SOURCE MATERIAL Block Start

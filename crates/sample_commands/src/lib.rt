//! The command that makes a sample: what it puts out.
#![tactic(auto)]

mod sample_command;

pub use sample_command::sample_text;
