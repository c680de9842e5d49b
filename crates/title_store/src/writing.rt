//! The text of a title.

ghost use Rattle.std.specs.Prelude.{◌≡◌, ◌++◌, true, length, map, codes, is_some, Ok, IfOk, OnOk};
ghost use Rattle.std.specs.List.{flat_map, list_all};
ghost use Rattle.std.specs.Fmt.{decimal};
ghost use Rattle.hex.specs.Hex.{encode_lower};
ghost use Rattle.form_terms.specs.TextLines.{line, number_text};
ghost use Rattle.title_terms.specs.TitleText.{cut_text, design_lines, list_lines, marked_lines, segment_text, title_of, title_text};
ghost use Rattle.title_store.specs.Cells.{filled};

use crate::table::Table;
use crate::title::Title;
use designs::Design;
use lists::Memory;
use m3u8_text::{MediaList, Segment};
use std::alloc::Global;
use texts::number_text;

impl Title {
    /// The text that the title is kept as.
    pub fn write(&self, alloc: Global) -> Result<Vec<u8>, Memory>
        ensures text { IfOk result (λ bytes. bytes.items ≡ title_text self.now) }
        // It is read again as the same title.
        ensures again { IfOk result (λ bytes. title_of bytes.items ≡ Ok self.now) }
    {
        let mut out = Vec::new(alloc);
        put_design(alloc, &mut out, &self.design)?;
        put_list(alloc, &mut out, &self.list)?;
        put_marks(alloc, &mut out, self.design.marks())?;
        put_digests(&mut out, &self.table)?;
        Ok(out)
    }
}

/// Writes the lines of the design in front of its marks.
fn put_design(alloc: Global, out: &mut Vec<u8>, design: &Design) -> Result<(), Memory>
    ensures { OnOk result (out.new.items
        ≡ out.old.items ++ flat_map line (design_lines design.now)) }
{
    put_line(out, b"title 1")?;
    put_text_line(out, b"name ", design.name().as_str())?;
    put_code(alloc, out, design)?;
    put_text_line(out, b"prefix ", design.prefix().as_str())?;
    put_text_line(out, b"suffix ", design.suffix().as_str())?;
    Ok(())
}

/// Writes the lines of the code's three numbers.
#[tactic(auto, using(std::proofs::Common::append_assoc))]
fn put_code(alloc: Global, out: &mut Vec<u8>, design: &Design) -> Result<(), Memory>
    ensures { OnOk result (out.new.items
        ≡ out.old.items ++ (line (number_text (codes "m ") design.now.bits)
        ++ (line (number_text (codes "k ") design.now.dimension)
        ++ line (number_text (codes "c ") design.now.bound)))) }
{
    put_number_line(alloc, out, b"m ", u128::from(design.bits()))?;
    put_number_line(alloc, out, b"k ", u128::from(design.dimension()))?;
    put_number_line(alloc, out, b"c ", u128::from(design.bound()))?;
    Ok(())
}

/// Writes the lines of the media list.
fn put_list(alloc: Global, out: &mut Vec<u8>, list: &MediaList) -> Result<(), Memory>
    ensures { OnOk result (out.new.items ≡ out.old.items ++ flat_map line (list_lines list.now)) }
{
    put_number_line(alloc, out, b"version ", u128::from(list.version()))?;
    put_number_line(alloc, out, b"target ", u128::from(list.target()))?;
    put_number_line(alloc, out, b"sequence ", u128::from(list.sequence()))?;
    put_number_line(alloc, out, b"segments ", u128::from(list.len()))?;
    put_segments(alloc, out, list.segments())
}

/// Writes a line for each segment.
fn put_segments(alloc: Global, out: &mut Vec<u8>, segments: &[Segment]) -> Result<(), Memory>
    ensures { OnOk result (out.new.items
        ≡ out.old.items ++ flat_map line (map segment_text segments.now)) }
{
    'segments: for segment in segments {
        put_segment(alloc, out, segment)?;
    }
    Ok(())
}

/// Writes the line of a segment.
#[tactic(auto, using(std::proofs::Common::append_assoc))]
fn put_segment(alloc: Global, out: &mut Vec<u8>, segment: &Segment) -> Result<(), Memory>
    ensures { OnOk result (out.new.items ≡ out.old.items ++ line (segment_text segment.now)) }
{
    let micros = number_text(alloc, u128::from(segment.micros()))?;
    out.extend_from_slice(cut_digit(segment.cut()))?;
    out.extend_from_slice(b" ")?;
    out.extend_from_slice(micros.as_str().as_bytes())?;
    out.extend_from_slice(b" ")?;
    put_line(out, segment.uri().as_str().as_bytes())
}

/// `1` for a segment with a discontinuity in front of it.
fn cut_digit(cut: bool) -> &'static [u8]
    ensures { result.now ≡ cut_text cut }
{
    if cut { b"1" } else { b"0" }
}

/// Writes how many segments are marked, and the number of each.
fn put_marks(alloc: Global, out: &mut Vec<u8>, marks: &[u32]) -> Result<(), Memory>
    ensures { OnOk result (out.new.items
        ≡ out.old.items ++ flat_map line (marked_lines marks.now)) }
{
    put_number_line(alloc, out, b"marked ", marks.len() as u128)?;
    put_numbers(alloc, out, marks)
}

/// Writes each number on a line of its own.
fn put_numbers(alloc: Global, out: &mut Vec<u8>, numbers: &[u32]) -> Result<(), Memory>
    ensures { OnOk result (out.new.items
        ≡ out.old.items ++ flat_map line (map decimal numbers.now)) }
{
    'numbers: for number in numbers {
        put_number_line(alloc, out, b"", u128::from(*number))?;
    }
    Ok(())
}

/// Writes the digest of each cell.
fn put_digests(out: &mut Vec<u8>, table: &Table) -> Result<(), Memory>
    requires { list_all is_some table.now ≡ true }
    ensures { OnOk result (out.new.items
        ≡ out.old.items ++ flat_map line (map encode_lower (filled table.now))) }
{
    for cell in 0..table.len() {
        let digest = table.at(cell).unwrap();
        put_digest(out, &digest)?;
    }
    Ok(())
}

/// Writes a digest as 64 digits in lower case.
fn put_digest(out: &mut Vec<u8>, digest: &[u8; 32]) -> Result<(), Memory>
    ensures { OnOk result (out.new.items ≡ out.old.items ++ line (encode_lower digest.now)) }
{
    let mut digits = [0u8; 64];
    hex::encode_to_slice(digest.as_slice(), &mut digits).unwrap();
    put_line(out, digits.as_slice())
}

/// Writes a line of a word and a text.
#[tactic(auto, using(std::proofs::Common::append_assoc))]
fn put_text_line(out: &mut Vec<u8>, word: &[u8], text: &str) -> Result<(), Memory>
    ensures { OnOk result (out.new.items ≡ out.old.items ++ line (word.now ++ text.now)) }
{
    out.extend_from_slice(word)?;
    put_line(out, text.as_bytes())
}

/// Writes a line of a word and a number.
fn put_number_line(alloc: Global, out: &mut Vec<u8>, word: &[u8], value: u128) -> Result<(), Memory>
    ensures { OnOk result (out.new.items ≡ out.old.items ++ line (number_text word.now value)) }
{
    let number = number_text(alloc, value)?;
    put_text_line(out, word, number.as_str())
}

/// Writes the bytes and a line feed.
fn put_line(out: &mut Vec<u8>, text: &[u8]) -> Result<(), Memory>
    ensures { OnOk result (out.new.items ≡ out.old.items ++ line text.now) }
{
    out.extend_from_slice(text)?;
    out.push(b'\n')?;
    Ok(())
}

SOURCE MATERIAL Block End
SOURCE MATERIAL Block Start

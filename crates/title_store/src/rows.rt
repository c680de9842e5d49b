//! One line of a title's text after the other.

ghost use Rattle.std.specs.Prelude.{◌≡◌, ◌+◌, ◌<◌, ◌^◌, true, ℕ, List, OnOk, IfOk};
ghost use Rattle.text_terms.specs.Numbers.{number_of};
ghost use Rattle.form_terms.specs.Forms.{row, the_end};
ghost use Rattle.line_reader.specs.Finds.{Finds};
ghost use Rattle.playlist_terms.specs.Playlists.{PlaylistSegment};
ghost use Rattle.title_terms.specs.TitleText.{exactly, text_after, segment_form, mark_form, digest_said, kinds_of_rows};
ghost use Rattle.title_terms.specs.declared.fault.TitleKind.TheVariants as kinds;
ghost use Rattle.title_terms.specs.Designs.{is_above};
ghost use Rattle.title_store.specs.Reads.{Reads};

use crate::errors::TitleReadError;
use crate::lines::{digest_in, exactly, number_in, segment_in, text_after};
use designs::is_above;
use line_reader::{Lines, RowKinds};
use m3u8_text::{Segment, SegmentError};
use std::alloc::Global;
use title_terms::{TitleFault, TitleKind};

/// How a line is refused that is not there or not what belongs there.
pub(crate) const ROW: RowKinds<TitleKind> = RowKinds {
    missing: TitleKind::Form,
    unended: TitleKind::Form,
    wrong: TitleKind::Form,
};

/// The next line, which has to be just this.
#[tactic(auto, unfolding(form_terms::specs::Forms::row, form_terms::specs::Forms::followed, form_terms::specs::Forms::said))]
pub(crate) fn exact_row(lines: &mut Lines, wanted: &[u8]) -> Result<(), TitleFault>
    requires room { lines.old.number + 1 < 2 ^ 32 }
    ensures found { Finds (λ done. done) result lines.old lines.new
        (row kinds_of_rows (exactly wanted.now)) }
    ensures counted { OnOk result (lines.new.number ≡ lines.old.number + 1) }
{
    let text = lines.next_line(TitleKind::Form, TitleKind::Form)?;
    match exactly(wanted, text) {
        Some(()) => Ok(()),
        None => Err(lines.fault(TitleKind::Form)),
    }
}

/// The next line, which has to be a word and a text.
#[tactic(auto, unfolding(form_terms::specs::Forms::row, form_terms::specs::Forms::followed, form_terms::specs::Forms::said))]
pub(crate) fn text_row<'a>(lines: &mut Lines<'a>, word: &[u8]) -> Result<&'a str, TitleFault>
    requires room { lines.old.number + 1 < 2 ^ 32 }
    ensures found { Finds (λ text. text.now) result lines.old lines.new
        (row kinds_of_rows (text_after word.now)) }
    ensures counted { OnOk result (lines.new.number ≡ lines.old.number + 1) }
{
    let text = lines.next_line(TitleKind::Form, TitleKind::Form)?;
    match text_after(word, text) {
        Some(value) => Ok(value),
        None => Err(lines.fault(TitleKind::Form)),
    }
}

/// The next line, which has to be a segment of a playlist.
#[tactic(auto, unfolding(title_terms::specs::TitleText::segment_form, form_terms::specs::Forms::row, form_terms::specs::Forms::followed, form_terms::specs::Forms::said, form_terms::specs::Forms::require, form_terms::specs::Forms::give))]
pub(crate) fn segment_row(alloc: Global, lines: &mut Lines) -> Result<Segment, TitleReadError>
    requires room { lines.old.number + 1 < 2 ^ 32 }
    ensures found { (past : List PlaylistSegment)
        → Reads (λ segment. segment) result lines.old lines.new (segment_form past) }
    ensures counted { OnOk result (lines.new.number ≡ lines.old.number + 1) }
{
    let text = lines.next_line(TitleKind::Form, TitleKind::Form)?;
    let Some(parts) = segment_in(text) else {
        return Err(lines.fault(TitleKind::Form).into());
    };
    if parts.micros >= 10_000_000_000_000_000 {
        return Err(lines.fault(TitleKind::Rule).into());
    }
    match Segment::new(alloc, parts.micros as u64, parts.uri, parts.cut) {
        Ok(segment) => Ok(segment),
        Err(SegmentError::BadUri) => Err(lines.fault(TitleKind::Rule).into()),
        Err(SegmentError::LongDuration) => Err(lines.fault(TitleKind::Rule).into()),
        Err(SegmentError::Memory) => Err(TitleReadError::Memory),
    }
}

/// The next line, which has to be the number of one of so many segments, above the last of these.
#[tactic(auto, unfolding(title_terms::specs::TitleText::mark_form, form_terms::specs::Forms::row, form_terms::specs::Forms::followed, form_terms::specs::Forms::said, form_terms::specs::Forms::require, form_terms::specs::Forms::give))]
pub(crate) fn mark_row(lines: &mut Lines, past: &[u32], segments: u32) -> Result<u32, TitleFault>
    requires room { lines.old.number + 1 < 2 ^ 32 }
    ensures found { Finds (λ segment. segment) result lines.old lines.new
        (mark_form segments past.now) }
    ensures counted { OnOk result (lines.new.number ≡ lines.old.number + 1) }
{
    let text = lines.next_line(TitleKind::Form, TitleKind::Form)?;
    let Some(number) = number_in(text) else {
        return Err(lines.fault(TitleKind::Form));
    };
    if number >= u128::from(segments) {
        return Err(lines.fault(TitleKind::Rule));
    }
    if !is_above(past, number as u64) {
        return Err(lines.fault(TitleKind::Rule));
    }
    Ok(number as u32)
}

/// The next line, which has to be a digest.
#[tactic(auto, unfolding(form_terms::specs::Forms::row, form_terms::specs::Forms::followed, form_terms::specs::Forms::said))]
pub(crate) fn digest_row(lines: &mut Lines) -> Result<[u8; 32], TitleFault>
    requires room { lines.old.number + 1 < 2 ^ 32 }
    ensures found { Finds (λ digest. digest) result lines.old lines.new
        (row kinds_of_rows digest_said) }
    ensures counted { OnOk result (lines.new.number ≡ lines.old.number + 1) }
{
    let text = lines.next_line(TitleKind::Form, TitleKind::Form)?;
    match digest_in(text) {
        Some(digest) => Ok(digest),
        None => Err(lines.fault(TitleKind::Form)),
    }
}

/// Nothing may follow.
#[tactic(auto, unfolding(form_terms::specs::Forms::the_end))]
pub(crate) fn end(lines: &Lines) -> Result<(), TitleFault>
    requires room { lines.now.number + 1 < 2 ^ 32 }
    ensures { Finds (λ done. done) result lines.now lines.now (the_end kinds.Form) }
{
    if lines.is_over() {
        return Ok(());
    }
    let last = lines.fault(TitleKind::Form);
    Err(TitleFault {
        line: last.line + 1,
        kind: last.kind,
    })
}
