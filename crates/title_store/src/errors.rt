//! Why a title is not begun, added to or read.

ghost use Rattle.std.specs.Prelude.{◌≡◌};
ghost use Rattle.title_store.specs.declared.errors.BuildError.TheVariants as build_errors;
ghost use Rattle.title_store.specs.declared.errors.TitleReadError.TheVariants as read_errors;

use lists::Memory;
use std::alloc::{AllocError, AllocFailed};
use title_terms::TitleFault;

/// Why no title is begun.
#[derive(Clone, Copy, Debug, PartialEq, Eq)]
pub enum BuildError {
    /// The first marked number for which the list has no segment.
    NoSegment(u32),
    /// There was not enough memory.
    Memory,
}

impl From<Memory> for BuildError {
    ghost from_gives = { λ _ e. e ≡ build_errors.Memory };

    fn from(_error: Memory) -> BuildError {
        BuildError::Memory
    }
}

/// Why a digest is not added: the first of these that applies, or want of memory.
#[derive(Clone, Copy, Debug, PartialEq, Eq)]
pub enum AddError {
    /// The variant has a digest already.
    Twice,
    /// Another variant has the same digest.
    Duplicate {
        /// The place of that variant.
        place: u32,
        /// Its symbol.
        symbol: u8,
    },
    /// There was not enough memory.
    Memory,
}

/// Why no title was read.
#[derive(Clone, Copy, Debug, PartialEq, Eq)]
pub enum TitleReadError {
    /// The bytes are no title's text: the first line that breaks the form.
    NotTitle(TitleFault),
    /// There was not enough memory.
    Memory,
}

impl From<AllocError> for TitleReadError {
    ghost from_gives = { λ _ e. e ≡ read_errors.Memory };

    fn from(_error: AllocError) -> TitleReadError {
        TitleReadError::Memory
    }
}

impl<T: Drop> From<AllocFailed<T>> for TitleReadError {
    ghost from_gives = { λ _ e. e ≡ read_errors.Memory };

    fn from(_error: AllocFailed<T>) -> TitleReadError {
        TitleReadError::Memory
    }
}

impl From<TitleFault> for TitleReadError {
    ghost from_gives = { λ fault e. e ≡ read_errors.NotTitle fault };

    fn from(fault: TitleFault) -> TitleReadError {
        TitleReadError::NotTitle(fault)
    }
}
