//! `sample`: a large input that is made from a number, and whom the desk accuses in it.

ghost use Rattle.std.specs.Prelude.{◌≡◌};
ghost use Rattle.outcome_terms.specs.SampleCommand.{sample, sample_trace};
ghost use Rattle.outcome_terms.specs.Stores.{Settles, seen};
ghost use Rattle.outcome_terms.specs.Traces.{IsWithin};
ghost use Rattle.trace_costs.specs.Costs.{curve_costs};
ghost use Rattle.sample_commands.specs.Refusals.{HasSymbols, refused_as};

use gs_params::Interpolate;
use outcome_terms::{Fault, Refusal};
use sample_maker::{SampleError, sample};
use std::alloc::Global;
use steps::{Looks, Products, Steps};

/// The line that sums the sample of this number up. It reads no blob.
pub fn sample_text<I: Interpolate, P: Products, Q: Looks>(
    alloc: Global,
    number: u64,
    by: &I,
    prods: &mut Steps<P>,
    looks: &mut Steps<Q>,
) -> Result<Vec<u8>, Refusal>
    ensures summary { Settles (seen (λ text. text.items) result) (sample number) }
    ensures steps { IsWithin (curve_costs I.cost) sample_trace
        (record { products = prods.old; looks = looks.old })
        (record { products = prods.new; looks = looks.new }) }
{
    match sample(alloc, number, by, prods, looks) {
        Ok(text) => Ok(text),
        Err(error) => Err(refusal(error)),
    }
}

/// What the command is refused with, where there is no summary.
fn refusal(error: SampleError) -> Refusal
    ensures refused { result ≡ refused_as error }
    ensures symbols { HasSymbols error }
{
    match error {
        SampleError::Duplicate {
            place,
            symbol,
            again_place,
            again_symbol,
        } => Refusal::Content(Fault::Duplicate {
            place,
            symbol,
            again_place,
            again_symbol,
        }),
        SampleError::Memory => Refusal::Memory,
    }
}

SOURCE MATERIAL Block End
SOURCE MATERIAL Block Start

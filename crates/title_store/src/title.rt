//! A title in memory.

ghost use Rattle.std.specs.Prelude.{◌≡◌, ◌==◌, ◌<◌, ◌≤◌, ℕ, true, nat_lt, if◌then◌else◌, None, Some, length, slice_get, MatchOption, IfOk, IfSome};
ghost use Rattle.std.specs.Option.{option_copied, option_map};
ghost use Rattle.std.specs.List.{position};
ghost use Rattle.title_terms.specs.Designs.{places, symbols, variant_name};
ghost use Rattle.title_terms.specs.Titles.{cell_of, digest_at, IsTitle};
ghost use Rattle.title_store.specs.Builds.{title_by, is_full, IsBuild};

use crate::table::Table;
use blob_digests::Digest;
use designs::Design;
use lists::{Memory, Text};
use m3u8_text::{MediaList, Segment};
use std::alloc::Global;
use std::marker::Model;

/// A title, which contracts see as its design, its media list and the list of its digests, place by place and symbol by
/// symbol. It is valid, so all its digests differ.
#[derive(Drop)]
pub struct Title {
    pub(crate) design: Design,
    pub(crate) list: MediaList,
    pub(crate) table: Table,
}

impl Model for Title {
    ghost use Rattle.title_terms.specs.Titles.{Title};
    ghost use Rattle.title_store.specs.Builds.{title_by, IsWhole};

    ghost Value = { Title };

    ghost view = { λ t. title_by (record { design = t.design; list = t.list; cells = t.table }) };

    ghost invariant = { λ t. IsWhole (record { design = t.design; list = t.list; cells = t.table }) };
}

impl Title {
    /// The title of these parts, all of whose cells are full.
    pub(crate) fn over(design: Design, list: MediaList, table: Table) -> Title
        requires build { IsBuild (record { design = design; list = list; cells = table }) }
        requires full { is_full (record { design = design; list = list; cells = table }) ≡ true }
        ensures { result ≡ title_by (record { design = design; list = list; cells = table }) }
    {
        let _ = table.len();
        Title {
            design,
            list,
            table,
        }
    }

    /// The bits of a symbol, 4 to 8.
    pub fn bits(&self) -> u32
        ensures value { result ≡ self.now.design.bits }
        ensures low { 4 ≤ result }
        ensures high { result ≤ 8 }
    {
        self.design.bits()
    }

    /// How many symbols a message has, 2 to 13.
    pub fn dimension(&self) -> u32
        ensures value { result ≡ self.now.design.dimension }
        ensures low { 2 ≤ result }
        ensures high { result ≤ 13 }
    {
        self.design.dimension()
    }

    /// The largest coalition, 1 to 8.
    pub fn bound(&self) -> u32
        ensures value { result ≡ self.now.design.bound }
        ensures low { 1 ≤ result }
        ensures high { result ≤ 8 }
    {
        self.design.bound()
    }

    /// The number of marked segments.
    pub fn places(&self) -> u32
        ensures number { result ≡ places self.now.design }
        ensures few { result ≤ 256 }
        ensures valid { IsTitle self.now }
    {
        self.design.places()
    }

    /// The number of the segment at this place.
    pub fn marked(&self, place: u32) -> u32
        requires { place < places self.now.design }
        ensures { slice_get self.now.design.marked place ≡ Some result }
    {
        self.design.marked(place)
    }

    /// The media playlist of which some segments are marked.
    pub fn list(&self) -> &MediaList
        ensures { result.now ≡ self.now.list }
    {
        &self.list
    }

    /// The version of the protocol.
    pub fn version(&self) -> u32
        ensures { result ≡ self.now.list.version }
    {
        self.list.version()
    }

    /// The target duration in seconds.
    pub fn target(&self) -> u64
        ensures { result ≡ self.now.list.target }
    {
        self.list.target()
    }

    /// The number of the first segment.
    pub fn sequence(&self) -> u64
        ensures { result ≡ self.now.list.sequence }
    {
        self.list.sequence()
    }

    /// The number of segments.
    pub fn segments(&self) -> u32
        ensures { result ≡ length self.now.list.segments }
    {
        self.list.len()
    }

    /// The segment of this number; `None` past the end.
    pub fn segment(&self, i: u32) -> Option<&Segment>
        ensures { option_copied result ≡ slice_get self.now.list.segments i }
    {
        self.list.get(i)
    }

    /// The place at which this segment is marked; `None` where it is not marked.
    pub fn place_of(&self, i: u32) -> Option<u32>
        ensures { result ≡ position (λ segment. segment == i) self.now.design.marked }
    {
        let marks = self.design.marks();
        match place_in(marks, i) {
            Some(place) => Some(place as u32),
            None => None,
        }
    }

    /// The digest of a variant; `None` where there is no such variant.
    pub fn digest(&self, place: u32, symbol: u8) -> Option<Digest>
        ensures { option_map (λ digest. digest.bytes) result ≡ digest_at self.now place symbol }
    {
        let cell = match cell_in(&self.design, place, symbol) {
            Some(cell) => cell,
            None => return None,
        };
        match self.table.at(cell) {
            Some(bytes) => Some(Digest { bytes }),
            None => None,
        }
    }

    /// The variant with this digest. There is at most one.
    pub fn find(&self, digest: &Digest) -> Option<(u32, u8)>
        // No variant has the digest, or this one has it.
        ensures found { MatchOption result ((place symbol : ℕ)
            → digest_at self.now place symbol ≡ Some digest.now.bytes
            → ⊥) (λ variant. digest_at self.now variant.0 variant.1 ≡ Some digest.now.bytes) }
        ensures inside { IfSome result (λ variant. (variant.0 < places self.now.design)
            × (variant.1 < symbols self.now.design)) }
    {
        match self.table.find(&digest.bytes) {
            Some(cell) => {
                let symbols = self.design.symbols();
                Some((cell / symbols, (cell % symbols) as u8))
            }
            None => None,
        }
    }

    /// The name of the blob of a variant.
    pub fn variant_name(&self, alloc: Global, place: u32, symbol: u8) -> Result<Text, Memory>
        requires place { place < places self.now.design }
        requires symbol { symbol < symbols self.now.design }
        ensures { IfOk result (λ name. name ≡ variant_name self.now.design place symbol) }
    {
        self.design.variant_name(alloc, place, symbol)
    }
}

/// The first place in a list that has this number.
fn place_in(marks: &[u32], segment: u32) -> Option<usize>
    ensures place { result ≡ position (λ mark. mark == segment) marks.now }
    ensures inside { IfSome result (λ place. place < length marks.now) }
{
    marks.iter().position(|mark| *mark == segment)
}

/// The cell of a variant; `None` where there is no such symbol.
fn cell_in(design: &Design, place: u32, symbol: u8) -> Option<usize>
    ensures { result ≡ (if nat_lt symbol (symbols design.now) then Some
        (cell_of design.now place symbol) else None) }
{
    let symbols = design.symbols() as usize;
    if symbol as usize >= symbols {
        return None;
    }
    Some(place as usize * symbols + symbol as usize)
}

SOURCE MATERIAL Block End

TASK ITEM>
From the records above, print only the lines between the one holding "pub fn write(&self, alloc: Global)" and the one holding "put_marks(alloc, &mut out, self.design.marks())?;", inclusive, exactly as they stand.

FINAL ANSWER>
    pub fn write(&self, alloc: Global) -> Result<Vec<u8>, Memory>
        ensures text { IfOk result (λ bytes. bytes.items ≡ title_text self.now) }
        // It is read again as the same title.
        ensures again { IfOk result (λ bytes. title_of bytes.items ≡ Ok self.now) }
    {
        let mut out = Vec::new(alloc);
        put_design(alloc, &mut out, &self.design)?;
        put_list(alloc, &mut out, &self.list)?;
        put_marks(alloc, &mut out, self.design.marks())?;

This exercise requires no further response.